Он мог шутя, между прочим, в шутливом разговоре сказать одну фразу, которую умелый и добросовестный учёный мог бы развить и представить в виде докторской диссертации. За примером ходить недалеко. Однажды мы случайно встретились с ним — оба шли в университет. II пока мы пересекали Неву (это было зимой), он изложил мне содержание моей будущей воображаемой работы о фонемах только потому, что я упомянул, что иду на лекцию академика Карского по русскому языку.

Но вернёмся на Греческий, 15. Случалось, что Поливанов после наших скромных ужинов просил Юрия Николаевича разрешить ему остаться, чтобы поработать в его кабинете. Когда холодно, работается лучше, говорил он. Однажды, рассказывая о притонах курильщиков опиума, он предложил Юрию Николаевичу заглянуть в один из них. Не помню, днём или вечером это было, но отсутствовали они довольно долго, и, вернувшись, Юрий Николаевич живо и выразительно нарисовал весьма неприглядную картину притона.

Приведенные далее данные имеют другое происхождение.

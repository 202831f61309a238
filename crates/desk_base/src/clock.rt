//! Clock: what day it is. A clause sees the days to come, if the clock tells them.

ghost use Rattle.std.specs.Prelude.{ℕ, Option};
ghost use Rattle.desk_base.specs.Clocks.{GivesDay};

use crate::Day;

/// A clock that gives days.
pub trait Clock {
    /// The days to come, where the clock tells them: that of the next call first, numbered from 0.
    ghost days: { Self → Option (ℕ → ℕ) };

    /// The day that it is now.
    fn today(&mut self) -> Day
        ensures { GivesDay (days self.old) (days self.new) result };
}
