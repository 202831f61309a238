//! Want of memory, the one error that no clause ties to a cause.

use std::alloc::{AllocError, AllocFailed};

/// There was not enough memory. The call has changed nothing that it was lent.
#[derive(Clone, Copy, Debug, PartialEq, Eq)]
pub struct Memory;

impl From<AllocError> for Memory {
    fn from(_: AllocError) -> Self {
        Memory
    }
}

impl<T: Drop> From<AllocFailed<T>> for Memory {
    fn from(_: AllocFailed<T>) -> Self {
        Memory
    }
}
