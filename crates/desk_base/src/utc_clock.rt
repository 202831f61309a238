//! UtcClock: the machine's clock. A clause sees the day that it gave last.

ghost use Rattle.std.specs.Prelude.{◌≡◌, ◌⊎◌, ℕ, None};
ghost use Rattle.desk_base.specs.Clocks.{GivesDay};
ghost use Rattle.desk_base.specs.Days.{day_since_1970};

use crate::{Clock, Day};
use std::time::{self, SystemTime};

/// The machine's clock, which gives the day in UTC. Where that clock can't be read, it gives the day that it gave
/// last, and 1970-01-01 before any.
#[derive(Drop)]
pub struct UtcClock<'a, R: time::Clock> {
    handle: &'a R,
    last: Day,
}

// The seconds since 1970-01-01 began, if the machine's clock can be read.
fn seconds_since_1970<R: time::Clock>(handle: &R) -> Option<u64> {
    let now = SystemTime::now(handle).ok()?;
    Some(now.duration_since(SystemTime::UNIX_EPOCH).ok()?.as_secs())
}

impl<'a, R: time::Clock> UtcClock<'a, R> {
    /// The clock that this handle reads, before the first day that it gives.
    pub fn new(handle: &'a R) -> UtcClock<'a, R>
        ensures { result.last ≡ day_since_1970 0 }
    {
        UtcClock {
            handle,
            last: Day::since_1970(0),
        }
    }
}

impl<'a, R: time::Clock> Clock for UtcClock<'a, R> {
    ghost days = { λ clock. None };

    fn today(&mut self) -> Day
        ensures told { GivesDay None None result }
        ensures given { (result ≡ self.old.last) ⊎ ((seconds : ℕ) × (result ≡ day_since_1970 seconds)) }
        ensures last { self.new.last ≡ result }
    {
        if let Some(seconds) = seconds_since_1970(self.handle) {
            self.last = Day::since_1970(seconds);
        }
        self.last
    }
}
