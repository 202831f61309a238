//! Text: a clause sees one as the list of its UTF-8 bytes.

ghost use Rattle.std.specs.Prelude.{◌≡◌, IfOk, string_bytes};
ghost use Rattle.std.proofs.Common.{rules};
ghost use Rattle.std.specs.Cmp.{partial_order_from_own_ties};
ghost use Rattle.std.specs.Cmp.Rules.{comparing, hashing};
ghost use Rattle.std.specs.Cmp.Lexicographic.{slice_cmp, pointwise};
ghost use Rattle.std.specs.Ordering.{nat_cmp, as_partial_cmp};
ghost use Rattle.std.specs.Prelude.{◌==◌};
ghost use Rattle.std.specs.Hash as fed;

use crate::Memory;
use std::alloc::Global;
use std::cmp::Ordering;
use std::hash::{Hash, Hasher};
use std::marker::Model;
use std::sync::ArcStr;

/// A text that its copies share: a copy costs a count, and no bytes.
#[derive(Debug, Drop)]
pub struct Text {
    text: ArcStr,
}

impl Model for Text {
    ghost use Rattle.std.specs.Prelude.{ℕ, List};
    ghost use Rattle.std.specs.Arc.{arc_str_bytes};

    ghost Value = { List ℕ };

    ghost view = { λ t. arc_str_bytes t.text };
}

impl Text {
    /// The same text, in memory of its own.
    pub fn copy_of(alloc: Global, text: &str) -> Result<Text, Memory>
        ensures { IfOk result (λ t. t ≡ text.now) }
    {
        Ok(Text {
            text: ArcStr::from_str(alloc, text)?,
        })
    }

    /// The text that a string spells, with no copy of its bytes.
    pub fn from_string(text: String) -> Result<Text, Memory>
        ensures { IfOk result (λ t. t ≡ string_bytes text) }
    {
        Ok(Text {
            text: ArcStr::from_string(text)?,
        })
    }

    /// The text as Rust's.
    pub fn as_str(&self) -> &str
        ensures { result.now ≡ self.now }
    {
        self.text.as_str()
    }

    /// The same text, shared.
    pub fn copy(&self) -> Result<Text, Memory>
        ensures { IfOk result (λ t. t ≡ self.now) }
    {
        Ok(Text {
            text: self.text.clone()?,
        })
    }
}

impl PartialEq for Text {
    ghost eq = { pointwise ◌==◌ };

    ghost laws = { Prim.search (comparing, rules) };

    fn eq(&self, other: &Text) -> bool {
        self.as_str() == other.as_str()
    }
}

impl Eq for Text {
    ghost laws = { Prim.search (comparing, rules) };
}

impl Ord for Text {
    ghost cmp = { slice_cmp nat_cmp };

    ghost total = { Prim.search (comparing, rules) };

    ghost matches_partial_cmp = { Prim.search (comparing, rules) };

    ghost matches_eq = { Prim.search (comparing, rules) };

    fn cmp(&self, other: &Text) -> Ordering {
        self.as_str().cmp(other.as_str())
    }
}

impl PartialOrd for Text {
    ghost partial_cmp = { as_partial_cmp (slice_cmp nat_cmp) };

    ghost laws = { partial_order_from_own_ties (Prim.search (comparing, rules)) (Prim.search (comparing, rules)) };

    fn partial_cmp(&self, other: &Text) -> Option<Ordering> {
        Some(self.cmp(other))
    }
}

impl Hash for Text {
    ghost hash_input = { fed.str };

    ghost respects_eq = { Prim.search (hashing, rules) };

    fn hash<H: Hasher>(&self, state: &mut H) {
        self.as_str().hash(state);
    }
}
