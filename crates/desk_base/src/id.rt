//! Id: the name of a modification in the register.

ghost use Rattle.std.specs.Prelude.{IfOk, ◌≡◌, string_bytes};
ghost use Rattle.desk_base.specs.Ids as spec;

use crate::Memory;
use crate::decimals::decimal_number;
use std::alloc::Global;

/// A modification's id `n.i`: item `i` of law entry `n`. Ids are ordered by law number, then by item.
#[derive(Clone, Copy, Debug, PartialEq, Eq, PartialOrd, Ord, Hash)]
pub struct Id {
    /// The number of the law entry that recorded it.
    pub law: u32,
    /// Its item number there.
    pub item: u16,
}

#[tactic(auto, unfolding(crate::specs::Ids::law_of))]
fn law_named(text: &str) -> Option<u32>
    ensures { result ≡ spec.law_of text.now }
{
    let number = match text.split_once('.') {
        Some((law, _)) => decimal_number(law, 4_294_967_295)?,
        None => decimal_number(text, 4_294_967_295)?,
    };
    Some(number as u32)
}

#[tactic(auto, unfolding(crate::specs::Ids::item_of))]
fn item_named(text: &str) -> Option<u16>
    ensures { result ≡ spec.item_of text.now }
{
    let (_, item) = text.split_once('.')?;
    Some(decimal_number(item, 65_535)? as u16)
}

impl Id {
    /// The id as it is printed, `n.i`.
    pub fn spelled(self, alloc: Global) -> Result<String, Memory>
        ensures { IfOk result (λ s. string_bytes s ≡ spec.id_text self) }
    {
        let law = self.law;
        let item = self.item;
        Ok(format!(in alloc; "{law}.{item}")?)
    }

    /// The id that a text spells, `n.i`, both in decimal without leading zeros. `None`: it spells none.
    #[tactic(auto, unfolding(crate::specs::Ids::id_of))]
    pub fn from_text(text: &str) -> Option<Id>
        ensures { result ≡ spec.id_of text.now }
    {
        let law = law_named(text)?;
        let item = item_named(text)?;
        Some(Id { law, item })
    }
}
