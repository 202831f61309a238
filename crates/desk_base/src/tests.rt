mod outside;

use crate::{
    BytesSink, BytesSource, Day, Failed, Id, ReaderSource, Sink, Source, Text, WriterSink,
};
use std::collections::HashMap;
use std::test::Fail;

// A read through the bound, as callers make it.
fn next<S: Source>(source: &mut S, into: &mut [u8]) -> Result<usize, Failed> {
    source.read(into)
}

// A write through the bound.
fn put<S: Sink>(sink: &mut S, bytes: &[u8]) -> Result<(), Failed> {
    sink.write_all(bytes)
}

#[test]
fn days_are_read_and_spelled(rt: HostRuntime) -> Result<(), Fail> {
    // The numbers are those of Python's `date.toordinal`.
    let days = [
        ("0001-01-01", 1),
        ("0004-02-29", 1_155),
        ("1582-10-15", 577_736),
        ("1900-02-28", 693_654),
        ("1900-03-01", 693_655),
        ("1970-01-01", 719_163),
        ("1999-12-31", 730_119),
        ("2000-02-29", 730_179),
        ("2024-02-29", 738_945),
        ("9999-12-31", 3_652_059),
    ];
    for (text, number) in days {
        let day = Day::from_number(number).expect(&rt, "a number from 1 to 3652059");
        assert_eq!(rt; Day::from_text(text), Some(day), "at {number}");
        let spelled = day.spelled(rt.alloc())?;
        assert_eq!(rt; spelled.as_str(), text, "at {number}");
    }
    let others = [
        "0000-01-01",
        "1900-02-29",
        "2010-02-30",
        "2010-13-01",
        "2010-01-00",
        "2010/01/01",
        "+010-01-01",
        "20100101",
    ];
    for text in others {
        assert_eq!(rt; Day::from_text(text), None, "at {text}");
    }
    Ok(())
}

#[test]
fn streams_fail_where_they_are_told_to(rt: HostRuntime) -> Result<(), Fail> {
    let mut source = BytesSource::new(rt.alloc(), b"abc", 2, &[2])?;
    let mut into = [0; 4];
    for answer in [Ok(2), Err(Failed), Ok(1), Ok(0)] {
        assert_eq!(rt; next(&mut source, &mut into), answer);
    }
    assert_eq!(rt; &into, b"cb\0\0");

    let mut sink = BytesSink::new(rt.alloc(), 5, &[2])?;
    for answer in [Ok(()), Err(Failed), Ok(()), Err(Failed)] {
        assert_eq!(rt; put(&mut sink, b"xy"), answer);
    }
    assert_eq!(rt; sink.bytes(), b"xyxyx".as_slice());
    Ok(())
}

#[test]
fn each_other_call_succeeds(rt: HostRuntime) -> Result<(), Fail> {
    let mut into = [0; 4];
    assert_eq!(rt;
        next(&mut ReaderSource::new(&b"abcde"[..]), &mut into),
        Ok(4)
    );
    assert_eq!(rt; &into, b"abcd");

    let mut room = [0; 4];
    let mut sink = WriterSink::new(&mut room[..]);
    assert_eq!(rt; put(&mut sink, b"abc"), Ok(()));
    assert_eq!(rt; put(&mut sink, b"de"), Err(Failed));

    let id = Id { law: 12, item: 3 };
    let wid = Text::from_string(id.spelled(rt.alloc())?)?;
    let mut places = HashMap::new(rt.alloc());
    places.insert(wid.copy()?, 7)?;
    let same = Text::copy_of(rt.alloc(), "12.3")?;
    assert_eq!(rt; places.get(&same), Some(&7));
    Ok(())
}
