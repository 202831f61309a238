//! Whole numbers as texts in decimal, without leading zeros.

ghost use Rattle.std.specs.Prelude.{◌≡◌, ◌≤◌, IfSome, IsTrue};
ghost use Rattle.std.specs.List.{list_all};
ghost use Rattle.std.specs.Char as char;
ghost use Rattle.std.specs.Str.Parse.{digits_value};
ghost use Rattle.desk_base.specs.Decimals as spec;

fn are_digits(bytes: &[u8]) -> bool
    ensures { result ≡ list_all char.is_ascii_digit bytes.now }
{
    bytes.iter().all(|byte| byte.is_ascii_digit())
}

fn is_decimal(text: &str) -> bool
    ensures { result ≡ spec.is_decimal text.now }
{
    let bytes = text.as_bytes();
    if bytes.is_empty() || !are_digits(bytes) {
        return false;
    }
    bytes.len() == 1 || bytes[0] != b'0'
}

// `None`: the number is greater than every `u64`.
fn value_of(text: &str) -> Option<u64>
    requires { IsTrue (spec.is_decimal text.now) }
    ensures { result ≡ spec.up_to 18446744073709551615 (digits_value 10 text.now) }
{
    text.parse::<u64>().ok()
}

/// The number that a text spells in decimal. `None`: it spells none, or one beyond the limit.
pub fn decimal_number(text: &str, most: u64) -> Option<u64>
    ensures value { result ≡ spec.decimal_up_to most text.now }
    ensures bound { IfSome result (λ n. n ≤ most) }
{
    if !is_decimal(text) {
        return None;
    }
    let n = value_of(text)?;
    if n > most {
        return None;
    }
    Some(n)
}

Он вернулся оживлённый, весёлый и сказал, что, хотя он выкурил три трубки, опиум не оказал на него ни малейшего действия.

— Надо втянуться, — серьёзно и поучительно сказал Поливанов.

Эти курильни, очевидно, входили в круг наблюдений, необходимых Евгению Дмитриевичу, потому что в течение двух лет — 1918–1920 — он энергично занимался политической работой среди петроградских китайцев. Один из организаторов «Союза китайских рабочих», он был редактором первой китайской коммунистической газеты. Установлена его тесная связь с китайскими добровольцами, сражавшимися на фронтах гражданской войны{См.: Новогрудский Г. По следам Пау. М., 1962, с. 75–77.}. Кстати сказать, эта сторона его деятельности неожиданно коснулась и меня. Университетская стипендия была ничтожно мала, институтская — немногим от неё отличалась, и Поливанов предложил мне преподавать пятерым китайцам русский язык. Это была сложная задача: я не знал китайского, а мои ученики не знали русского. Кажется, в наше время именно этот способ изучения иностранных языков представляется наиболее надёжным. Мне тогда этого не казалось.